In an interview, Cahill said he did not search anyone. He picked up the baggies of what he believed were drugs from the ground next to individuals who were injecting in plain sight of downtown strollers, he said. He called the police, but no one came, so he walked the substance to the 9th District station, where an officer told him to “throw it in the nearest dumpster.”

Cahill worked in the restaurant industry before suffering injuries that put him out of a job, he said. Now he’s a full-time volunteer for the Angels, patrolling five days a week and attending community events to recruit members. The national chapter provides some funds for uniforms and other incidentals, but he said there’s no money in it for him.

“Just to make people feel safer — that’s payment in itself,” he said.

Conflicting views

In New York, most of the group’s activities are community-oriented, but the Guardian Angels have danced with controversy. Last year, a member resigned from the group after cell phone video showed him getting in a scuffle with two New York subway riders.

NYPD brass have at times referred to the group as a “paramilitary” and urged its members to stay home. But other New York police officials and mayors have been friendlier toward the Angels, who say residents appreciate their presence on the streets.

“For every one person who’s not happy with us, I get 10 or 20 who are happy,” said Cahill.

Cahill said the group answers to founder Sliwa, who did not return requests for comment. He doesn’t place stock in criticisms from residents who accuse him of picking on the vulnerable.

Nicole Canale, a recovery advocate in the Philly region who lost her sibling to an overdose, said she asked Cahill to be more proactive in helping people with drug addiction, like carrying overdose-reversing Narcan or connecting people to social services.

“These people could do great things,” Canale said. “I just feel that they need to branch out and work on building in the community that they are trying to serve.”

Jose Marco, an organizer of ACT UP and the Philadelphia Overdose Prevention Network, wanted Cahill to take his patrols to Kensington to try to put a dent in gun violence and the drug trade. Cahill said he won’t.

“This guy comes from Northeast Philly to Center City to take what he says are drugs from homeless Black people — that’s a coward move,” said Marco. “It’s sickening.”

Law enforcement agencies are meanwhile trying to boost their own patrols.

The police shortage stems from dwindling recruitment, a spike of retirements, and some officers abusing a disability benefit. SEPTA spokesperson Andrew Busch said recruitment and attrition have downsized the transit force from 230 to 210 officers, but he noted that SEPTA recently implemented a fleet of 80 outreach specialists to offer help and deter crime. (They are not authorized to detain people or confiscate property.)

“We wouldn’t want somebody who’s not law enforcement to step into a situation like that,” Busch said of Cahill’s practice.

Cahill has brushed with the law himself, according to court records.

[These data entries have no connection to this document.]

//! The registers as C sees them.

ghost use Rattle.std.specs.Prelude.{◌≡◌};
ghost use Rattle.x86emu_c.specs.Registers.{seg_of, table_of, cpu_of};

use xe_base::{Cpu, Seg, Table};

/// `x86emu_segment`.
#[repr(C)]
#[derive(Clone, Copy)]
pub struct X86emuSegment {
    pub base: u64,
    pub limit: u32,
    pub selector: u16,
    pub attributes: u16,
}

/// `x86emu_table`.
#[repr(C)]
#[derive(Clone, Copy)]
pub struct X86emuTable {
    pub base: u64,
    pub limit: u16,
}

/// `x86emu_cpu`.
#[repr(C)]
#[derive(Clone, Copy)]
pub struct X86emuCpu {
    pub gpr: [u64; 16],
    pub rip: u64,
    pub rflags: u64,
    pub es: X86emuSegment,
    pub cs: X86emuSegment,
    pub ss: X86emuSegment,
    pub ds: X86emuSegment,
    pub fs: X86emuSegment,
    pub gs: X86emuSegment,
    pub ldtr: X86emuSegment,
    pub tr: X86emuSegment,
    pub gdtr: X86emuTable,
    pub idtr: X86emuTable,
    pub cr0: u64,
    pub cr2: u64,
    pub cr3: u64,
    pub cr4: u64,
    pub cr8: u64,
    pub efer: u64,
    pub kgs: u64,
    pub cpl: u8,
}

impl X86emuSegment {
    fn of(seg: &Seg) -> X86emuSegment
        ensures { seg_of result ≡ seg.now }
    {
        X86emuSegment {
            base: seg.base,
            limit: seg.limit,
            selector: seg.sel,
            attributes: seg.attr,
        }
    }

    fn seg(&self) -> Seg
        ensures { result ≡ seg_of self.now }
    {
        Seg {
            sel: self.selector,
            base: self.base,
            limit: self.limit,
            attr: self.attributes,
        }
    }
}

impl X86emuTable {
    fn of(table: &Table) -> X86emuTable
        ensures { table_of result ≡ table.now }
    {
        X86emuTable {
            base: table.base,
            limit: table.limit,
        }
    }

    fn table(&self) -> Table
        ensures { result ≡ table_of self.now }
    {
        Table {
            base: self.base,
            limit: self.limit,
        }
    }
}

impl X86emuCpu {
    /// The registers for C.
    pub(crate) fn of(cpu: &Cpu) -> X86emuCpu
        ensures { cpu_of result ≡ cpu.now }
    {
        X86emuCpu {
            gpr: cpu.gpr,
            rip: cpu.rip,
            rflags: cpu.rflags,
            es: X86emuSegment::of(&cpu.es),
            cs: X86emuSegment::of(&cpu.cs),
            ss: X86emuSegment::of(&cpu.ss),
            ds: X86emuSegment::of(&cpu.ds),
            fs: X86emuSegment::of(&cpu.fs),
            gs: X86emuSegment::of(&cpu.gs),
            ldtr: X86emuSegment::of(&cpu.ldtr),
            tr: X86emuSegment::of(&cpu.tr),
            gdtr: X86emuTable::of(&cpu.gdtr),
            idtr: X86emuTable::of(&cpu.idtr),
            cr0: cpu.cr0,
            cr2: cpu.cr2,
            cr3: cpu.cr3,
            cr4: cpu.cr4,
            cr8: cpu.cr8,
            efer: cpu.efer,
            kgs: cpu.kgs,
            cpl: cpu.cpl,
        }
    }

    /// The registers from C.
    pub(crate) fn cpu(&self) -> Cpu
        ensures { result ≡ cpu_of self.now }
    {
        Cpu {
            gpr: self.gpr,
            rip: self.rip,
            rflags: self.rflags,
            es: self.es.seg(),
            cs: self.cs.seg(),
            ss: self.ss.seg(),
            ds: self.ds.seg(),
            fs: self.fs.seg(),
            gs: self.gs.seg(),
            ldtr: self.ldtr.seg(),
            tr: self.tr.seg(),
            gdtr: self.gdtr.table(),
            idtr: self.idtr.table(),
            cr0: self.cr0,
            cr2: self.cr2,
            cr3: self.cr3,
            cr4: self.cr4,
            cr8: self.cr8,
            efer: self.efer,
            kgs: self.kgs,
            cpl: self.cpl,
        }
    }
}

He received probation over an incident involving a stolen car in 1999, which he called a youthful mistake, and received a summary offense for criminal mischief in 2015 after he said a neighbor accused him of slashing their car tire.

Cahill was arrested in June 2020 for pepper-spraying people who he said were hurling rocks at him during the violent Marconi Plaza protests in South Philadelphia. He said he was acting in self-defense. He was found not guilty on assault charges but cited for disorderly conduct.

“If I didn’t have that pepper spray I was going to be killed,” he said. “Me waiting till I was hit five times with rocks shows how restrained I am.”